Int in a simulated memory array of uchar

Question

In C, in an Unix environment (Plan9), I have got an array as memory.

uchar mem[32*1024];

I need that array to contain different fields, such as an int (integer) to indicate the size of memory free and avaliable. So, I've tried this:

uchar* memp=mem;
*memp=(int)250; //An example of size I want to assign.

I know the size of an int is 4, so I have to force with casting or something like that, that the content of the four first slots of mem have the number 250 in this case, it's big endian.

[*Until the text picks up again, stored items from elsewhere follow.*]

use cl_base::{Mem, Path, Text};
use cl_rpc::{Call, Id, Parsed, message_of};
use std::alloc::Global;
use std::test::Fail;

#[test]
fn bodies(rt: HostRuntime) -> Result<(), Fail> {
    let alloc = rt.alloc();
    for line in table().lines() {
        assert!(rt; line_is_so(alloc, line)?, "{line}");
    }
    let deep = nested(alloc, 127)?;
    assert!(rt; is(alloc, deep.as_slice(), "refused none -32600")?);
    let deeper = nested(alloc, 128)?;
    assert!(rt; is(alloc, deeper.as_slice(), "refused none -32700")?);
    assert!(rt; is(alloc, b"\"\xff\"".as_slice(), "refused none -32700")?);
    Ok(())
}

/// Whether a line's body is what the line says.
fn line_is_so(alloc: Global, line: &str) -> Mem<bool> {
    match line.split_once(" => ") {
        Some((body, wanted)) => is(alloc, body.as_bytes(), wanted),
        None => Ok(false),
    }
}

/// Whether a body is what is told.
fn is(alloc: Global, body: &[u8], wanted: &str) -> Mem<bool> {
    let parsed = message_of(alloc, body)?;
    let told = parsed_told(alloc, &parsed)?;
    Ok(told.as_str() == wanted)
}

/// A list in a list, to this depth.
fn nested(alloc: Global, depth: usize) -> Mem<Vec<u8>> {
    let mut body = Vec::new(alloc);
    for _ in 0..depth {
        body.push(b'[')?;
    }
    for _ in 0..depth {
        body.push(b']')?;
    }
    Ok(body)
}

fn parsed_told(alloc: Global, parsed: &Parsed) -> Mem<String> {
    match parsed {
        Parsed::Request { id, call } => {
            let id = id_told(alloc, id)?;
            let call = call_told(alloc, call)?;
            Ok(format!(in alloc; "request {id} {call}")?)
        }
        Parsed::Notification(call) => {
            let call = call_told(alloc, call)?;
            Ok(format!(in alloc; "notification {call}")?)
        }
        Parsed::Ignored => Ok(String::from_str(alloc, "ignored")?),
        Parsed::Refused { id, code } => {
            let id = match id {
                Some(id) => id_told(alloc, id)?,
                None => String::from_str(alloc, "none")?,
            };
            Ok(format!(in alloc; "refused {id} {code}")?)
        }
    }
}

fn call_told(alloc: Global, call: &Call) -> Mem<String> {
    match call {
        Call::Initialize => Ok(String::from_str(alloc, "initialize")?),
        Call::Shutdown => Ok(String::from_str(alloc, "shutdown")?),
        Call::Exit => Ok(String::from_str(alloc, "exit")?),
        Call::DidOpen(path, version, text) => {
            Ok(format!(in alloc; "open {} {version} {:?}", path.text(), word(text))?)
        }
        Call::DidChange(path, version, Some(text)) => {
            Ok(format!(in alloc; "change {} {version} {:?}", path.text(), word(text))?)
        }
        Call::DidChange(path, version, None) => {
            Ok(format!(in alloc; "change {} {version}", path.text())?)
        }
        Call::DidClose(path) => Ok(format!(in alloc; "close {}", path.text())?),
        Call::Cancel(id) => {
            let id = id_told(alloc, id)?;
            Ok(format!(in alloc; "cancel {id}")?)
        }
        Call::Watched(paths) => watched_told(alloc, paths.as_slice()),
        Call::Symbols(path) => Ok(format!(in alloc; "symbols {}", path.text())?),
        Call::Unknown => Ok(String::from_str(alloc, "unknown")?),
        Call::BadParams(first) => Ok(format!(in alloc; "bad {first}")?),
    }
}

fn watched_told(alloc: Global, paths: &[Path]) -> Mem<String> {
    let mut told = String::from_str(alloc, "watched")?;
    for path in paths {
        told.push_str(" ")?;
        told.push_str(path.text())?;
    }
    Ok(told)
}

fn id_told(alloc: Global, id: &Id) -> Mem<String> {
    match id {
        Id::Number(number) => Ok(format!(in alloc; "{number}")?),
        Id::Text(text) => Ok(format!(in alloc; "'{}'", word(text))?),
    }
}

fn word(text: &Text) -> &str {
    str::from_utf8(text.bytes()).unwrap_or("no text")
}

/// Lines of a body and what it is.
fn table() -> &'static str {
    r#" => refused none -32700
{ => refused none -32700
{}{} => refused none -32700
[] => refused none -32600
1 => refused none -32600
{"id":1,"method":"shutdown"} => refused 1 -32600
{"jsonrpc":"1.0","id":"a","method":"shutdown"} => refused 'a' -32600
{"jsonrpc":2.0,"method":"exit"} => refused none -32600
{"jsonrpc":"2.0"} => refused none -32600
{"jsonrpc":"2.0","id":1,"method":"shutdown"} => request 1 shutdown
{"jsonrpc":"2.0","id":-9223372036854775808,"method":"shutdown"} => request -9223372036854775808 shutdown
{"jsonrpc":"2.0","id":9223372036854775807,"method":"shutdown"} => request 9223372036854775807 shutdown
{"jsonrpc":"2.0","id":9223372036854775808,"method":"shutdown"} => refused none -32600
{"jsonrpc":"2.0","id":1.0,"method":"shutdown"} => refused none -32600
{"jsonrpc":"2.0","id":1.5,"method":"shutdown"} => refused none -32600
{"jsonrpc":"2.0","id":1e2,"method":"shutdown"} => refused none -32600
{"jsonrpc":"2.0","id":"a","method":"shutdown"} => request 'a' shutdown
{"jsonrpc":"2.0","id":null,"method":"shutdown"} => refused none -32600
{"jsonrpc":"2.0","id":[1],"method":"shutdown"} => refused none -32600
{"jsonrpc":"2.0","id":true,"result":1} => refused none -32600
{"jsonrpc":"2.0","id":1,"result":null} => ignored
{"jsonrpc":"2.0","id":1,"method":2} => refused 1 -32600
{"jsonrpc":"2.0","method":null} => refused none -32600
{"params":[],"method":"shutdown","id":7,"extra":{},"jsonrpc":"2.0"} => request 7 shutdown
{"jsonrpc":"2.0","id":1,"id":2,"method":"exit","method":"shutdown"} => request 2 shutdown
{"jsonrpc":"2.0","id":1,"method":"initialize","params":{}} => request 1 initialize
{"jsonrpc":"2.0","id":1,"method":"initialize"} => request 1 bad true
{"jsonrpc":"2.0","id":1,"method":"initialize","params":[]} => request 1 bad true
{"jsonrpc":"2.0","id":1,"method":"exit"} => request 1 unknown
{"jsonrpc":"2.0","id":1,"method":"textDocument/hover"} => request 1 unknown
{"jsonrpc":"2.0","id":1,"method":"textDocument/didClose","params":{"textDocument":{"uri":"file:///a.c"}}} => request 1 unknown
{"jsonrpc":"2.0","method":"shutdown"} => ignored
{"jsonrpc":"2.0","method":"initialized","params":{}} => ignored
{"jsonrpc":"2.0","method":"exit"} => notification exit
{"jsonrpc":"2.0","method":"exit","params":1} => notification exit
{"jsonrpc":"2.0","id":2,"method":"textDocument/documentSymbol","params":{"textDocument":{"uri":"file:///a.c"}}} => request 2 symbols /a.c
{"jsonrpc":"2.0","id":2,"method":"textDocument/documentSymbol","params":{"textDocument":{"uri":"file:///"}}} => request 2 symbols /
{"jsonrpc":"2.0","id":2,"method":"textDocument/documentSymbol","params":{"textDocument":{"uri":"FILE://localhost/p/.././a%20b.c?c#d"}}} => request 2 symbols /a b.c
{"jsonrpc":"2.0","id":2,"method":"textDocument/documentSymbol","params":{"textDocument":{"uri":"http://a.c"}}} => request 2 bad false
{"jsonrpc":"2.0","id":2,"method":"textDocument/documentSymbol","params":{"textDocument":{"uri":"file://host/a.c"}}} => request 2 bad false
{"jsonrpc":"2.0","id":2,"method":"textDocument/documentSymbol","params":{"textDocument":{"uri":"file:///a%00.c"}}} => request 2 bad false
{"jsonrpc":"2.0","id":2,"method":"textDocument/documentSymbol","params":{"textDocument":{"uri":"file:///%FF.c"}}} => request 2 bad false
{"jsonrpc":"2.0","id":2,"method":"textDocument/documentSymbol","params":{"textDocument":{"uri":"file://"}}} => request 2 bad false
{"jsonrpc":"2.0","id":2,"method":"textDocument/documentSymbol","params":{"textDocument":{"uri":3}}} => request 2 bad false
{"jsonrpc":"2.0","id":2,"method":"textDocument/documentSymbol","params":{"textDocument":[]}} => request 2 bad false
{"jsonrpc":"2.0","id":2,"method":"textDocument/documentSymbol","params":{}} => request 2 bad false
{"jsonrpc":"2.0","id":2,"method":"textDocument/documentSymbol"} => request 2 bad false
{"jsonrpc":"2.0","method":"textDocument/didOpen","params":{"textDocument":{"uri":"file:///a.c","languageId":"c","version":1,"text":"int x;\n"}}} => notification open /a.c 1 "int x;\n"
{"jsonrpc":"2.0","method":"textDocument/didOpen","params":{"textDocument":{"uri":"file:///a.c","version":-1,"text":""}}} => notification open /a.c -1 ""
{"jsonrpc":"2.0","method":"textDocument/didOpen","params":{"textDocument":{"uri":"file:///a.c","version":1.0,"text":""}}} => notification bad false
{"jsonrpc":"2.0","method":"textDocument/didOpen","params":{"textDocument":{"uri":"file:///a.c","text":""}}} => notification bad false
{"jsonrpc":"2.0","method":"textDocument/didOpen","params":{"textDocument":{"uri":"file:///a.c","version":1}}} => notification bad false
{"jsonrpc":"2.0","method":"textDocument/didOpen","params":{"textDocument":{"uri":"file:///a.c","version":1,"text":7}}} => notification bad false
{"jsonrpc":"2.0","method":"textDocument/didOpen","params":{"textDocument":{"version":1,"text":""}}} => notification bad false
{"jsonrpc":"2.0","method":"textDocument/didOpen","params":{"textDocument":{"uri":"untitled:a.c","version":1,"text":""}}} => notification bad false
{"jsonrpc":"2.0","method":"textDocument/didOpen","params":{"textDocument":{"uri":"file:///a.c","version":1,"text":"\t ~\n"}}} => notification open /a.c 1 "\t ~\n"
{"jsonrpc":"2.0","method":"textDocument/didOpen","params":{"textDocument":{"uri":"file:///a.c","version":1,"text":"\r\n"}}} => notification open /a.c 1 "\r\n"
{"jsonrpc":"2.0","method":"textDocument/didOpen","params":{"textDocument":{"uri":"file:///a.c","version":1,"text":"\u007f"}}} => notification open /a.c 1 "\u{7f}"
{"jsonrpc":"2.0","method":"textDocument/didOpen","params":{"textDocument":{"uri":"file:///a.c","version":1,"text":"é"}}} => notification open /a.c 1 "é"
{"jsonrpc":"2.0","method":"textDocument/didChange","params":{"textDocument":{"uri":"file:///a.c","version":2},"contentChanges":[]}} => notification change /a.c 2
{"jsonrpc":"2.0","method":"textDocument/didChange","params":{"textDocument":{"uri":"file:///a.c","version":2},"contentChanges":[{"text":"a"},{"text":"b"}]}} => notification change /a.c 2 "b"
{"jsonrpc":"2.0","method":"textDocument/didChange","params":{"textDocument":{"uri":"file:///a.c","version":2},"contentChanges":[{"text":"\r"},{"text":"b"}]}} => notification change /a.c 2 "b"
{"jsonrpc":"2.0","method":"textDocument/didChange","params":{"textDocument":{"uri":"file:///a.c","version":2},"contentChanges":[{"text":"b"},{"text":"\r"}]}} => notification change /a.c 2 "\r"
{"jsonrpc":"2.0","method":"textDocument/didChange","params":{"textDocument":{"uri":"file:///a.c","version":2},"contentChanges":[{"text":1},{"text":"b"}]}} => notification bad false
{"jsonrpc":"2.0","method":"textDocument/didChange","params":{"textDocument":{"uri":"file:///a.c","version":2},"contentChanges":[{"text":"b"},3]}} => notification bad false
{"jsonrpc":"2.0","method":"textDocument/didChange","params":{"textDocument":{"uri":"file:///a.c","version":2},"contentChanges":{}}} => notification bad false
{"jsonrpc":"2.0","method":"textDocument/didChange","params":{"textDocument":{"uri":"file:///a.c","version":2}}} => notification bad false
{"jsonrpc":"2.0","method":"textDocument/didChange","params":{"textDocument":{"uri":"file:///a.c"},"contentChanges":[]}} => notification bad false
{"jsonrpc":"2.0","method":"textDocument/didClose","params":{"textDocument":{"uri":"file:///a.c"}}} => notification close /a.c
{"jsonrpc":"2.0","method":"textDocument/didClose","params":{}} => notification bad false
{"jsonrpc":"2.0","method":"workspace/didChangeWatchedFiles","params":{"changes":[{"uri":"file:///a.h","type":1},{"uri":"file:///b.h","type":3}]}} => notification watched /a.h /b.h
{"jsonrpc":"2.0","method":"workspace/didChangeWatchedFiles","params":{"changes":[]}} => notification watched
{"jsonrpc":"2.0","method":"workspace/didChangeWatchedFiles","params":{"changes":[{"uri":"file:///p//%61.h","type":1},{"uri":"file:/p/a.h","type":2}]}} => notification watched /p/a.h /p/a.h
{"jsonrpc":"2.0","method":"workspace/didChangeWatchedFiles","params":{"changes":[{"uri":"file:///a.h","type":4}]}} => notification bad false
{"jsonrpc":"2.0","method":"workspace/didChangeWatchedFiles","params":{"changes":[{"uri":"file:///a.h","type":1},{"uri":"b.h","type":1}]}} => notification bad false
{"jsonrpc":"2.0","id":3,"method":"workspace/didChangeWatchedFiles","params":{"changes":[]}} => request 3 unknown
{"jsonrpc":"2.0","method":"$/cancelRequest","params":{"id":4}} => notification cancel 4
{"jsonrpc":"2.0","method":"$/cancelRequest","params":{"id":"d"}} => notification cancel 'd'
{"jsonrpc":"2.0","method":"$/cancelRequest","params":{"id":null}} => notification bad false
{"jsonrpc":"2.0","method":"$/cancelRequest"} => notification bad false"#
}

But the problem is when I try to do what I've explained it doesn't work. I suppose there is a mistake with the conversion of types. I hopefully ask you, how could I force that mem[0] to mem[3] would have the size indicated, representated as an int and no as an uchar?

Thanks in advance

Answer 1

Like this:

*((int*) memp) = 250;

That says "Even though memp is a pointer to characters, I want you treat it as a pointer to integers, and put this integer where it points."

Answer 2

Have you considered using a union, as in:

union mem_with_size {
  int   size;
  uchar mem[32*1024];
};

Then you don't have to worry about the casting. (You still have to worry about byte-ordering, of course, but that's a different issue.)

Answer 3

As others have pointed out, you need to cast to a pointer to int. You also need to make sure you take alignment of the pointer in consideration: on many architectures, an int needs to start at a memory location that is divisible by sizeof(int), and if you try to access an unaligned int, you get a SIGBUS. On other architectures, it works, but slowly. On yet others, it works quickly.

A portable way of doing this might be:

int x = 250;
memcpy(mem + offset, &x, sizeof(x));

Using unions may make this easier, though, so +1 to JamieH.

Answer 4

Cast pointer to int, not unsigned char again!

int * memp = (int *)mem;
* memp = 250; //An example of size I want to assign.